Somewhere in the past there is another post about whether your son is likely to encounter racism. My belief is generally - no. NZ has had generally a very liberal culture in the last few decades, although you may find (much) older people less tolerant. 

What you will find (and when you first encounter it, it is slightly disconcerting) is they will describe things as they are - there is much less political correctness. So your son may be described as 'black', but in the same way that someone else may be described as 'having fair hair'. It's an observation of a fact, and nothing more. I personally find this refreshing - others call it 'racist'. As I'm sure you've found, often it's not the words themselves but the way in which they're said that make the difference.

With regards tattoos - Lol! New Zealand probably has the highest rate of people with tattoos in the world! They are a very large part of Maori (and Polynesia in general) culture, and many Westerners have tattoos too. In fact I think my youngest is purposefully not getting one just to be different!
It does depend on profession, but at a university you'll probably find it gives you street cred!


----------



## Chc

Hi TCBehr,

I currently live in Christchurch and was also a previous student at UC. 

As you are probably aware Christchurch is currently undergoing a complete rebuild after the earthquakes in 2010 & 2011 - as someone who has lived through it, I find it still frustrating as many things are still broken, roads are still being repaired, building are still being demolished and the CBD is almost dead. That said - things are coming back to life, new buildings and new shops arrive every week (so I guess that is exciting). 

Christchurch does have a lot to offer, it is close to the beach and the mountains and it is a safe place to live. Nothing is really too far away! There are quite a few good spots for trail running in the city - check out Popular parks - Frequently asked questions - Christchurch City Council.
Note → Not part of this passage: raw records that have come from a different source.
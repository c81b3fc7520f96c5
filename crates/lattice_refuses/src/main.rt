//! The program again, over a text that it refuses: its files say with which status it ends and what it writes.
#![tactic(auto)]

use lattice_process::start::start;
use std::process::ExitCode;

fn main(rt: HostRuntime) -> ExitCode {
    start(&rt)
}
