//! The index over a list of rectangles.
ghost use Rattle.std.specs.Prelude.{◌≡◌, ◌≤◌, ◌<◌, ◌^◌, ◌↔◌, [], length, reverse, IfOk, IsTrue};
ghost use Rattle.cl_index.specs.Found.{overlaps, is_at, places_where};
ghost use Rattle.cl_index.specs.Boxes.{head_of, after, before};
ghost use Rattle.cl_index.specs.Looks.{looked_in};

use crate::hits::{Hits, HitsAt};
use crate::trees::Tree;
use cl_region::Rect;
use std::alloc::{AllocError, Global};
use std::marker::Model;

/// A list of rectangles that tells which of them share a place with one, or hold a place, without looking at all. A
/// contract sees the list.
#[derive(Drop)]
pub struct Bounds {
    count: usize,
    tree: Tree,
}

impl Model for Bounds {
    ghost use Rattle.std.specs.Prelude.{List};
    ghost use Rattle.cl_region.specs.declared.rects.Rect.{Rect};
    ghost use Rattle.cl_index.specs.Boxes.{IsIndexed, rects_in};

    ghost Value = { List Rect };

    ghost view = { λ b. rects_in b.tree };

    ghost invariant = { λ b. IsIndexed b.count b.tree };
}

impl Bounds {
    /// The index of these rectangles, in a time that is near linear. It takes as much memory as they, and boxes over each
    /// four to eight.
    pub fn build(alloc: Global, rects: &[Rect]) -> Result<Bounds, AllocError>
        ensures { IfOk result (λ b. b ≡ rects.now) }
    {
        let tree = Tree::of(alloc, rects)?;
        Ok(Bounds {
            count: rects.len(),
            tree,
        })
    }

    /// How many rectangles the list has.
    pub fn len(&self) -> usize
        ensures { result ≡ length self.now }
    {
        self.count
    }

    /// Whether the list has none.
    pub fn is_empty(&self) -> bool
        ensures { IsTrue result ↔ (self.now ≡ []) }
    {
        self.count == 0
    }

    /// The places in the list, ascending and counted from 0, of exactly the rectangles that share a place with this one.
    /// Each is looked for when it is asked for, and none takes memory.
    pub fn overlapping(&self, rect: &Rect) -> Hits<'_>
        ensures { result ≡ places_where (overlaps rect.now) self.now }
    {
        Hits::new(self, *rect)
    }

    /// The places in the list, descending and counted from 0, of exactly the rectangles that hold the place in column x and
    /// row y. Each is looked for when it is asked for, and none takes memory.
    pub fn at(&self, x: i64, y: i64) -> HitsAt<'_>
        ensures { result ≡ reverse (places_where (is_at x y) self.now) }
    {
        HitsAt::new(self, x, y)
    }

    /// How many rectangles of the list `overlapping`, run to its end, looks at: all but those under a box that shares no
    /// place with this one. The boxes are those of the list, of its halves, of their halves, and so on until eight or fewer
    /// are left.
    pub fn probes(&self, rect: &Rect) -> u64
        ensures exact { result ≡ looked_in rect.now (length self.now) self.now }
        ensures hits { length (places_where (overlaps rect.now) self.now) ≤ result }
        ensures list { result ≤ length self.now }
    {
        self.tree.looked_at(rect) as u64
    }

    // The first place, `from` or behind it, of a rectangle that overlaps.
    pub(crate) fn first_from(&self, rect: &Rect, from: usize) -> Option<usize>
        ensures first { result ≡ head_of (after from (overlaps rect.now) 0 self.now) }
        ensures inside { length self.now < 2 ^ 64 }
    {
        self.tree.first_from(rect, 0, from)
    }

    // The last place before `end` of a rectangle that holds x, y.
    pub(crate) fn last_before(&self, x: i64, y: i64, end: usize) -> Option<usize>
        ensures { result ≡ head_of (before end (is_at x y) 0 self.now) }
    {
        self.tree.last_before(x, y, 0, end)
    }
}
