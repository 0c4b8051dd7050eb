//! Places in a list of rectangles, found one after another.
ghost use Rattle.std.specs.Prelude.{◌≡◌, reverse};
ghost use Rattle.std.specs.Iterator.{YieldsFirst, item_count};
ghost use Rattle.cl_index.specs.Found.{overlaps, is_at, places_where};

use crate::indexes::Bounds;
use cl_region::Rect;
use std::marker::Model;

/// The places, ascending, of the rectangles of a list that share a place with one. A contract sees those that are still
/// to come.
#[derive(Drop)]
pub struct Hits<'a> {
    bounds: &'a Bounds,
    rect: Rect,
    from: usize,
}

impl<'a> Model for Hits<'a> {
    ghost use Rattle.std.specs.Prelude.{ℕ, List};
    ghost use Rattle.cl_index.specs.Found.{overlaps};
    ghost use Rattle.cl_index.specs.Boxes.{after};

    ghost Value = { List ℕ };

    ghost view = { λ h. after h.from (overlaps h.rect) 0 h.bounds.now };
}

impl<'a> Hits<'a> {
    pub(crate) fn new(bounds: &'a Bounds, rect: Rect) -> Hits<'a>
        ensures { result ≡ places_where (overlaps rect) bounds.now }
    {
        Hits {
            bounds,
            rect,
            from: 0,
        }
    }
}

impl<'a> Iterator for Hits<'a> {
    type Item = usize;

    ghost next_gives = { YieldsFirst (λ rest. rest) };

    ghost remaining = { item_count (λ rest. rest) };

    fn next(&mut self) -> Option<usize> {
        let bounds = self.bounds;
        let place = bounds.first_from(&self.rect, self.from)?;
        self.from = place + 1;
        Some(place)
    }
}

/// The places, descending, of the rectangles of a list that hold a place. A contract sees those that are still to come.
#[derive(Drop)]
pub struct HitsAt<'a> {
    bounds: &'a Bounds,
    x: i64,
    y: i64,
    end: usize,
}

impl<'a> Model for HitsAt<'a> {
    ghost use Rattle.std.specs.Prelude.{ℕ, List};
    ghost use Rattle.cl_index.specs.Found.{is_at};
    ghost use Rattle.cl_index.specs.Boxes.{before};

    ghost Value = { List ℕ };

    ghost view = { λ h. before h.end (is_at h.x h.y) 0 h.bounds.now };
}

impl<'a> HitsAt<'a> {
    pub(crate) fn new(bounds: &'a Bounds, x: i64, y: i64) -> HitsAt<'a>
        ensures { result ≡ reverse (places_where (is_at x y) bounds.now) }
    {
        HitsAt {
            bounds,
            x,
            y,
            end: bounds.len(),
        }
    }
}

impl<'a> Iterator for HitsAt<'a> {
    type Item = usize;

    ghost next_gives = { YieldsFirst (λ rest. rest) };

    ghost remaining = { item_count (λ rest. rest) };

    fn next(&mut self) -> Option<usize> {
        let bounds = self.bounds;
        let place = bounds.last_before(self.x, self.y, self.end)?;
        self.end = place;
        Some(place)
    }
}
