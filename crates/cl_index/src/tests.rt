//! A thousand cells in one column, and a few rectangles, with memory for all.
use crate::{Bounds, Hits, HitsAt};
use cl_region::Rect;
use std::alloc::{AllocError, Global};
use std::test::Fail;

fn rect(x1: i64, y1: i64, x2: i64, y2: i64) -> Rect {
    Rect { x1, y1, x2, y2 }
}

// One cell in each of the first rows of the first column.
fn column(alloc: Global, rows: u16) -> Result<Bounds, AllocError> {
    let mut rects = Vec::new(alloc);
    for row in 0..rows {
        let y = i64::from(row);
        rects.push(rect(0, y, 1, y + 1))?;
    }
    Bounds::build(alloc, rects.as_slice())
}

fn few(alloc: Global) -> Result<Bounds, AllocError> {
    let rects = [
        rect(0, 0, 4, 4),
        rect(4, 0, 8, 4),
        rect(2, 2, 2, 6),
        rect(2, 2, 6, 6),
    ];
    Bounds::build(alloc, &rects)
}

fn ascending(alloc: Global, hits: Hits<'_>) -> Result<Vec<usize>, AllocError> {
    hits.collect(alloc)
}

fn descending(alloc: Global, hits: HitsAt<'_>) -> Result<Vec<usize>, AllocError> {
    hits.collect(alloc)
}

#[test]
fn hits_are_found_without_looking_at_all(rt: HostRuntime) -> Result<(), Fail> {
    let alloc = rt.alloc();
    let bounds = column(alloc, 1000)?;
    let row = rect(-5, 700, 5, 701);
    assert!(rt; bounds.probes(&row) <= 100);
    assert_eq!(rt;
        ascending(alloc, bounds.overlapping(&row))?.as_slice(),
        [700].as_slice()
    );
    assert_eq!(rt;
        descending(alloc, bounds.at(0, 998))?.as_slice(),
        [998].as_slice()
    );
    let bounds = few(alloc)?;
    assert_eq!(rt;
        ascending(alloc, bounds.overlapping(&rect(3, 3, 5, 4)))?.as_slice(),
        [0, 1, 3].as_slice()
    );
    assert_eq!(rt;
        descending(alloc, bounds.at(3, 3))?.as_slice(),
        [3, 0].as_slice()
    );
    assert_eq!(rt;
        ascending(alloc, bounds.overlapping(&rect(2, 2, 2, 6)))?.len(),
        0
    );
    Ok(())
}
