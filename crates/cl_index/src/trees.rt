//! Boxes of boxes over a list of rectangles.
ghost use Rattle.std.specs.Prelude.{◌≡◌, ◌+◌, ◌/◌, ◌<◌, ◌≤◌, ◌^◌, ◌++◌, length, IfOk};
ghost use Rattle.cl_index.specs.Found.{overlaps, is_at};
ghost use Rattle.cl_index.specs.Boxes.{IsSound, box_of, rects_in, looked_at, head_of, after, before};
ghost use Rattle.cl_index.specs.Looks.{box_in};

use cl_region::Rect;
use std::alloc::{AllocError, Global};

// At most so many rectangles stand in one box that is not cut further.
const FEW: usize = 8;

// A list of rectangles under boxes, each the least box of those under it. `count` is how many the first half has.
#[derive(Drop)]
pub(crate) enum Tree {
    Few {
        around: Rect,
        rects: Vec<Rect>,
    },
    Many {
        around: Rect,
        count: usize,
        first: Box<Tree>,
        second: Box<Tree>,
    },
}

impl Tree {
    // The boxes over a list of rectangles.
    pub(crate) fn of(alloc: Global, rects: &[Rect]) -> Result<Tree, AllocError>
        ensures rects { IfOk result (λ t. rects_in t ≡ rects.now) }
        ensures sound { IfOk result IsSound }
    {
        if rects.len() <= FEW {
            return tree_of_few(alloc, rects);
        }
        let half = rects.len() / 2;
        let (front, back) = rects.split_at(half);
        let first = Tree::of(alloc, front)?;
        let second = Tree::of(alloc, back)?;
        tree_of_halves(alloc, half, first, second)
    }

    // The box of all.
    fn around(&self) -> &Rect
        ensures { result.now ≡ box_of self.now }
    {
        match self {
            Tree::Few { around, .. } => around,
            Tree::Many { around, .. } => around,
        }
    }

    // The first place, `from` or behind it, of a rectangle that overlaps, where the first of all has the place `base`.
    pub(crate) fn first_from(&self, rect: &Rect, base: usize, from: usize) -> Option<usize>
        requires sound { IsSound self.now }
        requires fits { base + length (rects_in self.now) < 2 ^ 64 }
        ensures { result ≡ head_of (after from (overlaps rect.now) base (rects_in self.now)) }
    {
        if !rect.overlaps(self.around()) {
            return None;
        }
        match self {
            Tree::Few { rects, .. } => first_of(rects.as_slice(), rect, base, from),
            Tree::Many {
                count,
                first,
                second,
                ..
            } => {
                let middle = base + *count;
                if from < middle {
                    if let Some(place) = first.first_from(rect, base, from) {
                        return Some(place);
                    }
                }
                second.first_from(rect, middle, from)
            }
        }
    }

    // The last place before `end` of a rectangle that holds x, y, where the first of all has the place `base`.
    pub(crate) fn last_before(&self, x: i64, y: i64, base: usize, end: usize) -> Option<usize>
        requires sound { IsSound self.now }
        requires fits { base + length (rects_in self.now) < 2 ^ 64 }
        ensures { result ≡ head_of (before end (is_at x y) base (rects_in self.now)) }
    {
        if !self.around().contains(x, y) {
            return None;
        }
        match self {
            Tree::Few { rects, .. } => last_of(rects.as_slice(), x, y, base, end),
            Tree::Many {
                count,
                first,
                second,
                ..
            } => {
                let middle = base + *count;
                if middle < end {
                    if let Some(place) = second.last_before(x, y, middle, end) {
                        return Some(place);
                    }
                }
                first.last_before(x, y, base, end)
            }
        }
    }

    // How many rectangles are looked at for all that overlap.
    pub(crate) fn looked_at(&self, rect: &Rect) -> usize
        requires sound { IsSound self.now }
        requires fits { length (rects_in self.now) < 2 ^ 64 }
        ensures { result ≡ looked_at rect.now self.now }
    {
        if !rect.overlaps(self.around()) {
            return 0;
        }
        match self {
            Tree::Few { rects, .. } => rects.len(),
            Tree::Many { first, second, .. } => first.looked_at(rect) + second.looked_at(rect),
        }
    }
}

// A box that is not cut further.
fn tree_of_few(alloc: Global, rects: &[Rect]) -> Result<Tree, AllocError>
    requires { length rects.now ≤ FEW }
    ensures rects { IfOk result (λ t. rects_in t ≡ rects.now) }
    ensures sound { IfOk result IsSound }
{
    Ok(Tree::Few {
        around: box_around(rects),
        rects: Vec::from_slice(alloc, rects)?,
    })
}

// A box of two halves, of which the first has `count` rectangles.
fn tree_of_halves(
    alloc: Global,
    count: usize,
    first: Tree,
    second: Tree,
) -> Result<Tree, AllocError>
    requires sound_first { IsSound first }
    requires sound_second { IsSound second }
    requires count { count ≡ length (rects_in first) }
    requires half { count ≡ (length (rects_in first) + length (rects_in second)) / 2 }
    requires many { FEW < length (rects_in first) + length (rects_in second) }
    ensures rects { IfOk result (λ t. rects_in t ≡ rects_in first ++ rects_in second) }
    ensures sound { IfOk result IsSound }
{
    let around = first.around().join_box(second.around());
    Ok(Tree::Many {
        around,
        count,
        first: Box::new(alloc, first)?,
        second: Box::new(alloc, second)?,
    })
}

// The least box of all; one without places where there is none.
fn box_around(rects: &[Rect]) -> Rect
    ensures { result ≡ box_in rects.now }
{
    let mut around = Rect {
        x1: 0,
        y1: 0,
        x2: 0,
        y2: 0,
    };
    for rect in rects {
        around = around.join_box(rect);
    }
    around
}

// The same of few rectangles, one by one: the first place, `from` or behind it, of one that overlaps.
fn first_of(rects: &[Rect], rect: &Rect, base: usize, from: usize) -> Option<usize>
    requires { base + length rects.now < 2 ^ 64 }
    ensures { result ≡ head_of (after from (overlaps rect.now) base rects.now) }
{
    for (i, other) in rects.iter().enumerate() {
        if from <= base + i && rect.overlaps(other) {
            return Some(base + i);
        }
    }
    None
}

// The same of few rectangles, one by one: the last place before `end` of one that holds x, y.
fn last_of(rects: &[Rect], x: i64, y: i64, base: usize, end: usize) -> Option<usize>
    requires { base + length rects.now < 2 ^ 64 }
    ensures { result ≡ head_of (before end (is_at x y) base rects.now) }
{
    let mut left = rects.len();
    while left > 0 {
        left -= 1;
        if base + left < end && rects[left].contains(x, y) {
            return Some(base + left);
        }
    }
    None
}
I personally head up the Port Hills about once a week which is quite nice and gives a good view of the city. 

UC is a decent University - due to the Earthquakes there has been a downturn in students causing departments and faculty to be consolidated. However there will be an eventual bounce and the students will return so it may be a good opportunity. topcat83 is right - your Tattoo will give you street cred with the students!


----------



## TCBehr

*thanks for the feedback*

Thanks for the feedback - it is much appreciated! We'll see how things go - who knows, I may be moving to ChCh!


----------



## waterford viking

ok firstly it's not all roses in nz...

weather in cc can be lovely but can be really crappy, cost of living is high, cc is like a war torn city being rebuilt at the moment and although it has lovely coastline it's not all that.
why not move to charleston where the weather is incredible, cheaper cost of living and housing and beaches on your doorstep which are far nicer than any elsewhere. housing is poor in nz by world standards, nz has the highest incidence of child asthma....this is due mostly to damp housing conditions...ok not all houses are like that but most are and you will get the shock of your life when you see the cost of them and what you get for your buck....trust me buddy the grass is not always greener on the other side always....sometimes we overlook what we have already got....pm me if you need to know more.


----------



## manman_

I dont think you should worry about racist discrimination and tattoo as they said. But personally I am attracted to chch. I was a student at UC and left Christchurch for Auckland a month back. As I found it is hard to get a job after graduation. After earthquake, it is getting so boring there.


----------



## jsharbuck

Do what is right for you. We have found New Zealand and its people delightful. No place is perfect but we have yet to find any Expat who wants to leave. After 3 months we are here to stay!


----------



## kiwixpat

*UC Christchurch*

As someone who moved from the USA to Christchurch to take up a position at the University of Canterbury many years ago, I'd be extremely cautious about making this move. 

Universities in New Zealand do not have the same values as those in the USA and UC is run foremost as a business. You have a "permanent job" until someone decides they don't like you. Then you may find that your position has been terminated and your life is wrecked.

Although New Zealanders are extremely friendly, people in Christchurch have noticeably changed since the earthquakes. The tension is readily apparent in everyday life, but especially in the university where there is continued talk of more redundancies, increasing teaching loads, all sorts of cutbacks, and most recently, the elimination of sabbaticals.

Even before this, you need to be aware that living in the suburbs around the university (Fendalton/Ilam), there is an "upper class" of people who, underneath their friendliness, can be almost incomprehensibly (to an American) judgmental about people from different cultures. In their views, Americans are from a different culture, even those without any obvious physical differences. Some university line managers (yes, that's what department heads are called) clearly think this way. It's difficult to describe because I have never encountered attitudes like this in the USA, nor even in the UK.

Moving from the USA to New Zealand, to take up an academic position at that university, was the worst career decision I have ever made in my life. I am happy to be in a much better place now, but I suspect only through shear luck.


----------